I’ve put a few down that I support, but they are debatable. In particular, they range farther afield than “memory safe, low level”.
P1. code shouldn’t have [much] different semantics on different platforms.
I am much happier with code not compiling rather than compiling into a program that may unexpectedly produce different results. This is imo an important part of a healthy library ecosystem. I see this as a strike against Designs 2 and 3.
P2. people shouldn’t use unknown integer widths for performance.
They can certainly use known, and varying, integer widths for performance, but you should opt in to this. Random day one Rust user isn’t going to get excited because Rust uses one versus another; serious Rust user doesn’t want to guess whether uint means register sized or memory index sized or whatever. I see this as a strike against Design 3 and for Design 1 (where maybe you have imem, umem, ireg, ureg, and whatever other meaningful systems-level types should be).
P2a. people shouldn’t use unknown integer widths.
This probably isn’t defensible for ergonomic reasons, but it’s good to think of the legitimate reasons to use unknown widths in core logic, other than convenience.
P3. explicitness is an important part of Rust.
The reason I got excited about Rust was not that I could type for loops with as few characters as possible.

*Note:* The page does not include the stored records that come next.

//! Schemas and documents that a handle holds. A handle has to be given up on each way out, so what it answers is compared afterwards.

use std::alloc::Global;
use std::test::Fail;
use tantivy_schema::schema::{Field, TantivyDocument};
use tv_blocks::document_handle::DocumentHandle;
use tv_blocks::schema_handle::SchemaHandle;
use tv_blocks::{BlockError, FoundField, find_field_by, read_schema};

const SCHEMA: &[u8] = br#"[{"name":"s","type":"text","options":{"stored":true}}]"#;

const OTHER: &[u8] = br#"[{"name":"t","type":"text","options":{"stored":true}}]"#;

// What the path names by the handle's schema, if there is one.
fn found(
    alloc: Global,
    handle: &mut SchemaHandle,
    path: &[u8],
) -> Option<Result<FoundField, BlockError>> {
    let memory = handle.take(alloc)?;
    let found = find_field_by(&memory.schema, path);
    handle.keep(alloc, memory);
    Some(found)
}

#[test]
fn a_handle_holds_one_schema_at_a_time(rt: HostRuntime) -> Result<(), Fail> {
    let alloc = rt.alloc();
    let schema = read_schema(alloc, SCHEMA).expect(&rt, "a schema");
    let other = read_schema(alloc, OTHER).expect(&rt, "another schema");
    let mut handle = SchemaHandle::closed();
    let closed = found(alloc, &mut handle, b"s");
    let opened = handle.open(alloc, schema);
    let first = found(alloc, &mut handle, b"s");
    let again = found(alloc, &mut handle, b"s");
    let opened_anew = handle.open(alloc, other);
    let gone = found(alloc, &mut handle, b"s");
    let held = found(alloc, &mut handle, b"t");
    handle.close(alloc);
    handle.close(alloc);
    let left = handle.into_box(alloc);
    let field = Some(Ok(FoundField { field: 0, rest: 1 }));
    assert!(rt; closed == None);
    assert!(rt; (opened, opened_anew) == (Ok(()), Ok(())));
    assert!(rt; (first, again) == (field, field));
    assert!(rt; gone == Some(Err(BlockError::NoField)));
    assert!(rt; held == field);
    assert!(rt; left.is_none());
    Ok(())
}

// How many pairs the handle's document has, if there is one.
fn pairs(alloc: Global, handle: &mut DocumentHandle) -> Option<usize> {
    let document = handle.take(alloc)?;
    let count = document.len();
    handle.keep(alloc, document);
    Some(count)
}

#[test]
fn a_handle_holds_one_document_at_a_time(rt: HostRuntime) -> Result<(), Fail> {
    let alloc = rt.alloc();
    let mut document = TantivyDocument::new(alloc);
    document
        .add_u64(Field::from_field_id(0), 7)
        .expect(&rt, "room");
    let first = Box::new(alloc, document).expect(&rt, "memory");
    let second = Box::new(alloc, TantivyDocument::new(alloc)).expect(&rt, "memory");
    let mut handle = DocumentHandle::closed();
    let closed = pairs(alloc, &mut handle);
    handle.keep(alloc, first);
    let once = pairs(alloc, &mut handle);
    let again = pairs(alloc, &mut handle);
    handle.keep(alloc, second);
    let other = pairs(alloc, &mut handle);
    handle.close(alloc);
    handle.close(alloc);
    let left = handle.into_box(alloc);
    assert!(rt; closed == None);
    assert!(rt; (once, again) == (Some(1), Some(1)));
    assert!(rt; other == Some(0));
    assert!(rt; left.is_none());
    Ok(())
}
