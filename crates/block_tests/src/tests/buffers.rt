//! Calls over blocks that write into buffers of a caller's: what is written, what is needed, and what stays.

use std::alloc::Global;
use std::test::Fail;
use tantivy_schema::common::Cause;
use tantivy_schema::schema::{JsonExpected, JsonFault, JsonFaultKind};
use tv_blocks::status::{error_answer, import_answer, written_answer, wrong_version};
use tv_blocks::{
    Answer, BlockError, DocumentRefusal, FoundField, Imported, LineAnswer, LineRefusal,
    ValueRefusal, export_block, facet_of_text, find_field, import_lines, migrate_block,
    text_of_facet, text_of_term,
};
use tv_format::WriteVersion;
use tv_store::DocStoreVersion;

// A schema with a field of each type that a line's answer is about.
const SCHEMA: &[u8] = br#"[{"name":"s","type":"text","options":{"stored":true}},
{"name":"u","type":"u64","options":{"indexed":false,"stored":true}},
{"name":"f","type":"facet","options":{"stored":true}},
{"name":"y","type":"bytes","options":{"indexed":false,"fast":false,"stored":true}},
{"name":"j","type":"json_object","options":{"stored":true,"fast":false}}]"#;

// A stored line, the refusals of a line in their order, and a line that is stored in version 3 otherwise than in version 2.
const LINES: &[u8] = b"{\"s\":\"a\"}
null
{\"u\":-1}
{\"u\":\"x\"}
{\"f\":\"x\"}
{\"y\":\"!\"}
{\"j\":{\"a\":0.5}}
{\"j\":{\"a\":\"b\"}}";

// What is stored: the text `a` in field 0, and the object of `a` with `b` in field 4.
const BLOCK: &[u8] = b"\x81\0\0\0\0\0\x81a\x81\x04\0\0\0\x0d\x82\0\x81a\0\x81b";

// The same in version 3.
const LATER: &[u8] = b"\x81\0\0\0\0\0\x81a\x81\x04\0\0\0\x0d\x81\x81a\0\x81b";

// Both as lines of JSON, and two bytes that stay as they were.
const PRINTED: &[u8] = b"{\"s\":[\"a\"]}\n{\"j\":[{\"a\":\"b\"}]}\n\xa5\xa5";

// The statuses of the lines, and how many bytes each stores.
const STATUSES: [u32; 8] = [0, 1, 2, 3, 4, 5, 6, 0];

const SIZES: [u64; 8] = [8, 0, 0, 0, 0, 0, 0, 13];

// Where nothing was written.
const KEPT: u8 = 0xa5;

// The fields whose values are refused, and of the line that is JSON and no object the number of that.
const FIELDS: [u32; 8] = [0, 3, 1, 1, 2, 3, 4, 0];

const NO_ANSWER: LineAnswer = LineAnswer {
    status: 99,
    field: 99,
    bytes: 99,
};

// Whether the answers are those of the lines, and the last one stays as it was.
fn are_answered(answers: &[LineAnswer; 9]) -> bool {
    for place in 0..8 {
        let line = LineAnswer {
            status: STATUSES[place],
            field: FIELDS[place],
            bytes: SIZES[place],
        };
        if answers[place] != line {
            return false;
        }
    }
    answers[8] == NO_ANSWER
}

#[test]
fn lines_are_imported(rt: HostRuntime) -> Result<(), Fail> {
    let mut block = [KEPT; 24];
    let mut answers = [NO_ANSWER; 9];
    let imported = import_lines(rt.alloc(), SCHEMA, LINES, &mut block, &mut answers);
    let count = Imported {
        bytes: 21,
        lines: 8,
    };
    assert!(rt; imported == Ok(count) && are_answered(&answers));
    assert!(rt; block.starts_with(BLOCK) && block.ends_with(&[KEPT; 3]));
    Ok(())
}

// Whether nothing is imported into a block of one byte too few.
fn is_block_short(alloc: Global, needed: BlockError) -> bool {
    let mut block = [KEPT; 20];
    let mut answers = [NO_ANSWER; 8];
    import_lines(alloc, SCHEMA, LINES, &mut block, &mut answers) == Err(needed)
        && block == [KEPT; 20]
        && answers == [NO_ANSWER; 8]
}

// Whether nothing is imported with one answer too few.
fn are_answers_short(alloc: Global, needed: BlockError) -> bool {
    let mut block = [KEPT; 21];
    let mut answers = [NO_ANSWER; 8];
    import_lines(alloc, SCHEMA, LINES, &mut block, &mut answers[..7]) == Err(needed)
        && block == [KEPT; 21]
        && answers == [NO_ANSWER; 8]
}

#[test]
fn nothing_is_imported_where_a_buffer_is_too_small(rt: HostRuntime) -> Result<(), Fail> {
    let alloc = rt.alloc();
    let needed = BlockError::TooSmall {
        bytes: 21,
        lines: 8,
    };
    assert!(rt; is_block_short(alloc, needed) && are_answers_short(alloc, needed));
    let none = import_lines(alloc, b"{", LINES, &mut [KEPT; 21], &mut [NO_ANSWER; 8]);
    assert!(rt; none == Err(BlockError::InvalidJson));
    Ok(())
}

// Whether a block of this version is printed.
fn is_printed(alloc: Global, version: DocStoreVersion, block: &[u8]) -> bool {
    let mut lines = [KEPT; 32];
    export_block(alloc, SCHEMA, version, block, &mut lines) == Ok(30) && lines.as_slice() == PRINTED
}

// Whether nothing is printed where there is too little room, or where the block is cut off.
fn is_not_printed(alloc: Global, version: DocStoreVersion) -> bool {
    let mut short = [KEPT; 29];
    let needed = BlockError::TooSmall {
        bytes: 30,
        lines: 0,
    };
    let broken = BlockError::BadDocument {
        start: 8,
        refusal: DocumentRefusal::Corrupted(Cause::UnexpectedEnd),
    };
    export_block(alloc, SCHEMA, version, BLOCK, &mut short) == Err(needed)
        && short == [KEPT; 29]
        && export_block(alloc, SCHEMA, version, &BLOCK[..20], &mut short) == Err(broken)
}

#[test]
fn a_block_is_printed(rt: HostRuntime) -> Result<(), Fail> {
    let alloc = rt.alloc();
    let (two, three) = (DocStoreVersion::V2, DocStoreVersion::V3);
    assert!(rt; is_printed(alloc, two, BLOCK) && is_printed(alloc, three, LATER));
    assert!(rt; is_not_printed(alloc, two));
    Ok(())
}

// Whether a block is carried over to version 3 and back.
fn is_carried_over(alloc: Global, block: &mut [u8; 21]) -> bool {
    let (two, three) = (DocStoreVersion::V2, DocStoreVersion::V3);
    migrate_block(alloc, two, BLOCK, WriteVersion::V3, block) == Ok(20)
        && &block[..20] == LATER
        && migrate_block(alloc, three, LATER, WriteVersion::V2, block) == Ok(21)
        && block.as_slice() == BLOCK
}

#[test]
fn a_block_is_carried_over(rt: HostRuntime) -> Result<(), Fail> {
    let mut block = [KEPT; 21];
    assert!(rt; is_carried_over(rt.alloc(), &mut block));
    let key = migrate_block(
        rt.alloc(),
        DocStoreVersion::V2,
        b"\x80\x81\0\0\0\0\x0d\x82\x0b",
        WriteVersion::V2,
        &mut block,
    );
    let broken = BlockError::BadDocument {
        start: 1,
        refusal: DocumentRefusal::KeyIsNoText,
    };
    assert!(rt; key == Err(broken) && block.as_slice() == BLOCK);
    Ok(())
}

// Whether paths name these fields, or none.
fn are_fields_found(alloc: Global) -> bool {
    find_field(alloc, SCHEMA, b"j.a.b") == Ok(FoundField { field: 4, rest: 2 })
        && find_field(alloc, SCHEMA, b"u") == Ok(FoundField { field: 1, rest: 1 })
        && find_field(alloc, SCHEMA, b"none") == Err(BlockError::NoField)
        && find_field(alloc, SCHEMA, b"\xff") == Err(BlockError::NotUtf8)
}

#[test]
fn a_path_names_a_field(rt: HostRuntime) -> Result<(), Fail> {
    assert!(rt; are_fields_found(rt.alloc()));
    Ok(())
}

// Whether a facet is encoded and printed, and what is none is refused.
fn are_facets_told(alloc: Global) -> bool {
    let mut bytes = [KEPT; 8];
    facet_of_text(alloc, b"/a/b\\/c", &mut bytes) == Ok(5)
        && &bytes == b"a\0b/c\xa5\xa5\xa5"
        && text_of_facet(alloc, b"a\0b/c", &mut bytes) == Ok(7)
        && &bytes == b"/a/b\\/c\xa5"
        && facet_of_text(alloc, b"a", &mut bytes) == Err(BlockError::NotFacet)
        && text_of_facet(alloc, b"\xff", &mut bytes) == Err(BlockError::NotUtf8)
}

#[test]
fn facets_are_encoded_and_printed(rt: HostRuntime) -> Result<(), Fail> {
    assert!(rt; are_facets_told(rt.alloc()));
    Ok(())
}

// A term of the number 258.
const NUMBER: &[u8] = b"\0\0\0\x01u\0\0\0\0\0\0\x01\x02";

// Whether terms have their texts.
fn have_texts(alloc: Global, bytes: &mut [u8; 8]) -> bool {
    text_of_term(alloc, NUMBER, bytes) == Ok(3)
        && *bytes == *b"258\xa5\xa5\xa5\xa5\xa5"
        && text_of_term(alloc, b"\0\0\0\x04ja\x01b\0sx", bytes) == Ok(1)
        && *bytes == *b"x58\xa5\xa5\xa5\xa5\xa5"
}

// Whether no text is written where there is too little room, or of what is no term.
fn have_no_texts(alloc: Global, bytes: &mut [u8; 8]) -> bool {
    let short = BlockError::TooSmall { bytes: 3, lines: 0 };
    text_of_term(alloc, NUMBER, &mut bytes[..2]) == Err(short)
        && text_of_term(alloc, b"\0\0\0\0s\xff", bytes) == Err(BlockError::NotTerm)
        && text_of_term(alloc, b"", bytes) == Err(BlockError::NotTerm)
        && *bytes == *b"x58\xa5\xa5\xa5\xa5\xa5"
}

#[test]
fn terms_have_texts(rt: HostRuntime) -> Result<(), Fail> {
    let mut bytes = [KEPT; 8];
    assert!(rt; have_texts(rt.alloc(), &mut bytes) && have_no_texts(rt.alloc(), &mut bytes));
    assert!(rt; error_answer(BlockError::NotTerm).status == 17);
    Ok(())
}

#[test]
fn answers_are_numbers(rt: HostRuntime) -> Result<(), Fail> {
    let nothing = Answer {
        status: 0,
        detail: 0,
        place: 0,
        bytes: 0,
        lines: 0,
    };
    assert!(rt;
        written_answer(Ok(7))
            == Answer {
                bytes: 7,
                ..nothing
            }
    );
    let both = Imported { bytes: 7, lines: 2 };
    assert!(rt;
        import_answer(Ok(both))
            == Answer {
                bytes: 7,
                lines: 2,
                ..nothing
            }
    );
    let broken = BlockError::BadDocument {
        start: 3,
        refusal: DocumentRefusal::HeapFull,
    };
    let told = error_answer(broken);
    assert!(rt;
        told == Answer {
            status: 8,
            detail: 13,
            place: 3,
            ..nothing
        }
    );
    assert!(rt;
        wrong_version()
            == Answer {
                status: 9,
                ..nothing
            }
    );
    let refused = BlockError::BadLine(LineRefusal::BadValue {
        field: 4,
        refusal: ValueRefusal::FloatNumber,
    });
    assert!(rt;
        error_answer(refused)
            == Answer {
                status: 11,
                detail: 6,
                place: 4,
                ..nothing
            }
    );
    let no_colon = BlockError::BadLine(LineRefusal::InvalidJson(JsonFault {
        offset: 5,
        kind: JsonFaultKind::EndsEarly(JsonExpected::Colon),
    }));
    assert!(rt;
        error_answer(no_colon)
            == Answer {
                status: 11,
                detail: 1,
                place: 8,
                bytes: 5,
                ..nothing
            }
    );
    assert!(rt;
        error_answer(BlockError::ForeignField { field: 5 })
            == Answer {
                status: 12,
                place: 5,
                ..nothing
            }
    );
    Ok(())
}
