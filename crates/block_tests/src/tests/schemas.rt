//! Calls that are given a schema.

use std::alloc::Global;
use std::test::Fail;
use tv_blocks::status::error_answer;
use tv_blocks::{
    BlockError, FoundField, Imported, LineAnswer, export_block_by, find_field_by, import_lines_by,
    print_schema, read_schema,
};
use tv_doc::parse_buffers::ParseBuffers;
use tv_field::SchemaError;
use tv_schema::{Schema, SchemaKey};
use tv_store::DocStoreVersion;

// A schema of a text and a JSON object.
const SCHEMA: &[u8] = br#"[{"name":"s","type":"text","options":{"stored":true}},
{"name":"j","type":"json_object","options":{"stored":true,"fast":false}}]"#;

// A line that is stored, and one that is no JSON object.
const LINES: &[u8] = b"{\"s\":\"a\"}\nnull\n";

// The text `a` in field 0, and a byte that stays as it was.
const BLOCK: &[u8] = b"\x81\0\0\0\0\0\x81a\xa5";

// The same as a line of JSON, and two bytes that stay as they were.
const PRINTED: &[u8] = b"{\"s\":[\"a\"]}\n\xa5\xa5";

// Where nothing was written.
const KEPT: u8 = 0xa5;

const NO_ANSWER: LineAnswer = LineAnswer {
    status: 99,
    field: 99,
    bytes: 99,
};

// The answers of the lines, and one that stays as it was.
const ANSWERS: [LineAnswer; 3] = [
    LineAnswer {
        status: 0,
        field: 0,
        bytes: 8,
    },
    LineAnswer {
        status: 1,
        field: 3,
        bytes: 0,
    },
    NO_ANSWER,
];

// The schema, printed, and two bytes that stay as they were.
const PRINTED_SCHEMA: &[u8] =
    b"[{\"name\":\"s\",\"options\":{\"fast\":false,\"stored\":true},\"type\":\"text\"},\
{\"name\":\"j\",\"options\":{\"expand_dots_enabled\":false,\"fast\":false,\"indexing\":null,\"stored\":true},\"type\":\"json_object\"}]\xa5\xa5";

// Schemas of one entry, the key of it that is at fault, and the number of that key in an answer.
const FAULTS: [(&[u8], SchemaKey, u32); 26] = [
    (br#"[{"type":"text","options":{}}]"#, SchemaKey::Name, 6),
    (
        br#"[{"name":1,"type":"text","options":{}}]"#,
        SchemaKey::Name,
        6,
    ),
    (br#"[{"name":"a","options":{}}]"#, SchemaKey::Type, 7),
    (
        br#"[{"name":"a","type":"f32","options":{}}]"#,
        SchemaKey::Type,
        7,
    ),
    (br#"[{"name":"a","type":"text"}]"#, SchemaKey::Options, 8),
    (
        br#"[{"name":"a","type":"text","options":null}]"#,
        SchemaKey::Options,
        8,
    ),
    (
        br#"[{"name":"a","type":"u64","options":{"stored":true}}]"#,
        SchemaKey::Indexed,
        9,
    ),
    (
        br#"[{"name":"a","type":"date","options":{"indexed":1}}]"#,
        SchemaKey::Indexed,
        9,
    ),
    (
        br#"[{"name":"a","type":"facet","options":{}}]"#,
        SchemaKey::Stored,
        10,
    ),
    (
        br#"[{"name":"a","type":"text","options":{"stored":null}}]"#,
        SchemaKey::Stored,
        10,
    ),
    (
        br#"[{"name":"a","type":"date","options":{"indexed":true,"stored":true}}]"#,
        SchemaKey::Fieldnorms,
        11,
    ),
    (
        br#"[{"name":"a","type":"i64","options":{"indexed":true,"stored":true,"fieldnorms":1}}]"#,
        SchemaKey::Fieldnorms,
        11,
    ),
    (
        br#"[{"name":"a","type":"ip_addr","options":{}}]"#,
        SchemaKey::Fast,
        12,
    ),
    (
        br#"[{"name":"a","type":"bool","options":{"indexed":true,"stored":true,"fast":null}}]"#,
        SchemaKey::Fast,
        12,
    ),
    (
        br#"[{"name":"a","type":"json_object","options":{"stored":true}}]"#,
        SchemaKey::FastOfText,
        13,
    ),
    (
        br#"[{"name":"a","type":"text","options":{"fast":null}}]"#,
        SchemaKey::FastOfText,
        13,
    ),
    (
        br#"[{"name":"a","type":"text","options":{"coerce":null}}]"#,
        SchemaKey::Coerce,
        14,
    ),
    (
        br#"[{"name":"a","type":"u64","options":{"indexed":true,"stored":true,"coerce":0}}]"#,
        SchemaKey::Coerce,
        14,
    ),
    (
        br#"[{"name":"a","type":"date","options":{"indexed":true,"fieldnorms":true,"stored":true,"precision":"days"}}]"#,
        SchemaKey::Precision,
        15,
    ),
    (
        br#"[{"name":"a","type":"text","options":{"indexing":true}}]"#,
        SchemaKey::Indexing,
        16,
    ),
    (
        br#"[{"name":"a","type":"text","options":{"indexing":{"record":"all"}}}]"#,
        SchemaKey::Record,
        17,
    ),
    (
        br#"[{"name":"a","type":"text","options":{"indexing":{"record":null}}}]"#,
        SchemaKey::Record,
        17,
    ),
    (
        br#"[{"name":"a","type":"text","options":{"indexing":{"fieldnorms":null}}}]"#,
        SchemaKey::IndexingFieldnorms,
        18,
    ),
    (
        br#"[{"name":"a","type":"json_object","options":{"stored":true,"fast":true,"indexing":{"tokenizer":1}}}]"#,
        SchemaKey::Tokenizer,
        19,
    ),
    (
        br#"[{"name":"a","type":"text","options":{"fast":{}}}]"#,
        SchemaKey::WithTokenizer,
        20,
    ),
    (
        br#"[{"name":"a","type":"json_object","options":{"stored":true,"fast":true,"expand_dots_enabled":null}}]"#,
        SchemaKey::ExpandDots,
        21,
    ),
];

// The error of a schema that is refused.
fn refusal(alloc: Global, text: &[u8]) -> Option<BlockError> {
    match read_schema(alloc, text) {
        Ok(_) => None,
        Err(error) => Some(error),
    }
}

// What lines are imported as by a schema, into this block and these answers.
fn imported(
    alloc: Global,
    schema: &Schema,
    block: &mut [u8],
    answers: &mut [LineAnswer],
) -> Result<Imported, BlockError> {
    import_lines_by(
        alloc,
        schema,
        &mut ParseBuffers::new(alloc),
        LINES,
        block,
        answers,
    )
}

// How long the text of the block is by a schema, which is written here.
fn printed(alloc: Global, schema: &Schema, lines: &mut [u8]) -> Result<u64, BlockError> {
    let two = DocStoreVersion::V2;
    export_block_by(alloc, schema, two, b"\x81\0\0\0\0\0\x81a", lines)
}

// Whether lines are imported by a schema, and printed again.
fn are_lines_served(alloc: Global, schema: &Schema) -> bool {
    let mut block = [KEPT; 9];
    let mut answers = [NO_ANSWER; 3];
    let mut lines = [KEPT; 14];
    imported(alloc, schema, &mut block, &mut answers) == Ok(Imported { bytes: 8, lines: 2 })
        && block.as_slice() == BLOCK
        && &answers == &ANSWERS
        && printed(alloc, schema, &mut lines) == Ok(12)
        && lines.as_slice() == PRINTED
}

// Whether paths are found by a schema, and what names none is refused.
fn are_paths_found(schema: &Schema) -> bool {
    find_field_by(schema, b"j.a.b") == Ok(FoundField { field: 1, rest: 2 })
        && find_field_by(schema, b"none") == Err(BlockError::NoField)
        && find_field_by(schema, b"\xff") == Err(BlockError::NotUtf8)
}

#[test]
fn a_schema_serves_many_calls(rt: HostRuntime) -> Result<(), Fail> {
    let alloc = rt.alloc();
    let schema = read_schema(alloc, SCHEMA).expect(&rt, "a schema");
    assert!(rt; are_lines_served(alloc, &schema) && are_paths_found(&schema));
    Ok(())
}

// Whether the size is returned where a block is too small, and nothing is written of the lines.
fn is_import_short(alloc: Global, schema: &Schema) -> bool {
    let mut block = [KEPT; 7];
    let mut answers = [NO_ANSWER; 3];
    let needed = BlockError::TooSmall { bytes: 8, lines: 2 };
    imported(alloc, schema, &mut block, &mut answers) == Err(needed)
        && block == [KEPT; 7]
        && answers == [NO_ANSWER; 3]
}

// Whether the length of the text is returned where a buffer is too small, and nothing is written of it.
fn is_print_short(alloc: Global, schema: &Schema) -> bool {
    let mut lines = [KEPT; 11];
    let needed = BlockError::TooSmall {
        bytes: 12,
        lines: 0,
    };
    printed(alloc, schema, &mut lines) == Err(needed) && lines == [KEPT; 11]
}

#[test]
fn nothing_is_written_where_a_buffer_is_too_small(rt: HostRuntime) -> Result<(), Fail> {
    let alloc = rt.alloc();
    let schema = read_schema(alloc, SCHEMA).expect(&rt, "a schema");
    assert!(rt; is_import_short(alloc, &schema) && is_print_short(alloc, &schema));
    Ok(())
}

#[test]
fn texts_that_describe_no_schema_are_refused(rt: HostRuntime) -> Result<(), Fail> {
    let alloc = rt.alloc();
    let cut = read_schema(alloc, b"[");
    assert!(rt; matches!(cut, Err(BlockError::InvalidJson)));
    let object = read_schema(alloc, b"{}");
    let whole = SchemaError::BadJson { entry: None };
    assert!(rt; matches!(object, Err(BlockError::BadSchema(error)) if error == whole));
    Ok(())
}

// Whether a schema is refused for this key of its first entry, with this number in the answer.
fn is_key_named(alloc: Global, text: &[u8], key: SchemaKey, detail: u32) -> bool {
    let fault = BlockError::BadSchemaKey { entry: 0, key };
    refusal(alloc, text) == Some(fault) && error_answer(fault).detail == detail
}

#[test]
fn a_key_at_fault_is_named(rt: HostRuntime) -> Result<(), Fail> {
    let alloc = rt.alloc();
    for (text, key, number) in &FAULTS {
        assert!(rt; is_key_named(alloc, text, *key, *number));
    }
    let later = br#"[{"name":"a","type":"facet","options":{"stored":true}},{"name":"a"}]"#;
    let second = BlockError::BadSchemaKey {
        entry: 1,
        key: SchemaKey::Type,
    };
    assert!(rt; refusal(alloc, later) == Some(second) && error_answer(second).place == 2);
    Ok(())
}

#[test]
fn no_key_is_named_where_none_is_at_fault(rt: HostRuntime) -> Result<(), Fail> {
    let alloc = rt.alloc();
    let entry = SchemaError::BadJson { entry: Some(0) };
    assert!(rt; refusal(alloc, b"[null]") == Some(BlockError::BadSchema(entry)));
    let float = br#"[{"name":"a","type":"f64"}]"#;
    let unread = SchemaError::FloatField { entry: 0 };
    assert!(rt; refusal(alloc, float) == Some(BlockError::BadSchema(unread)));
    let twice = br#"[{"name":"a","type":"facet","options":{"stored":true}},
{"name":"a","type":"facet","options":{"stored":true}},{}]"#;
    let double = BlockError::BadSchemaEntry {
        entry: 1,
        error: SchemaError::DuplicateName,
    };
    assert!(rt; refusal(alloc, twice) == Some(double));
    assert!(rt; error_answer(double).place == 2);
    assert!(rt; error_answer(double).detail == 2);
    let hyphen = br#"[{"name":"-a","type":"facet","options":{"stored":true}}]"#;
    let name = BlockError::BadSchemaEntry {
        entry: 0,
        error: SchemaError::InvalidName,
    };
    assert!(rt; refusal(alloc, hyphen) == Some(name));
    assert!(rt; error_answer(name).place == 1);
    Ok(())
}

// Whether the schema is printed where it fits, and nothing where it doesn't.
fn prints_schema(alloc: Global, schema: &Schema) -> bool {
    let mut text = [KEPT; 186];
    let mut short = [KEPT; 183];
    let longer = BlockError::TooSmall {
        bytes: 184,
        lines: 0,
    };
    print_schema(alloc, schema, &mut text) == Ok(184)
        && text.as_slice() == PRINTED_SCHEMA
        && print_schema(alloc, schema, &mut short) == Err(longer)
        && short == [KEPT; 183]
}

#[test]
fn a_schema_is_printed(rt: HostRuntime) -> Result<(), Fail> {
    let alloc = rt.alloc();
    let schema = read_schema(alloc, SCHEMA).expect(&rt, "a schema");
    assert!(rt; prints_schema(alloc, &schema));
    Ok(())
}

There are better languages for that. It is because I needed to think about things that might not be problems (data races in my single threaded code?), but that by understanding made me better (ah, iterator invalidation!). Making the “hello world” experience easy is not a great motivation for having an int type, imo (improving ergonomics, might be). The “guidance” I think you should give is “you should have to think about integer widths, at least once”. This is again in support of Design 1.
My personal preference is Design 1, where it is non-trivial to put isize or usize or whatever in a data structure, but they come back from things like len(). If you want to use them, hooray, but you are acknowledging that your program may do different things on different platforms.
I’d also be happy with Design 4, as long as it is basically the same as Design 1 otherwise, and at some point new users get told “hey, int isn’t as lean as you thought it was”. I worry this may turn off folks who feel deceived, unless it is mostly fast, in which case (like other fancy language features) they realize “hey, robust code isn’t so bad”.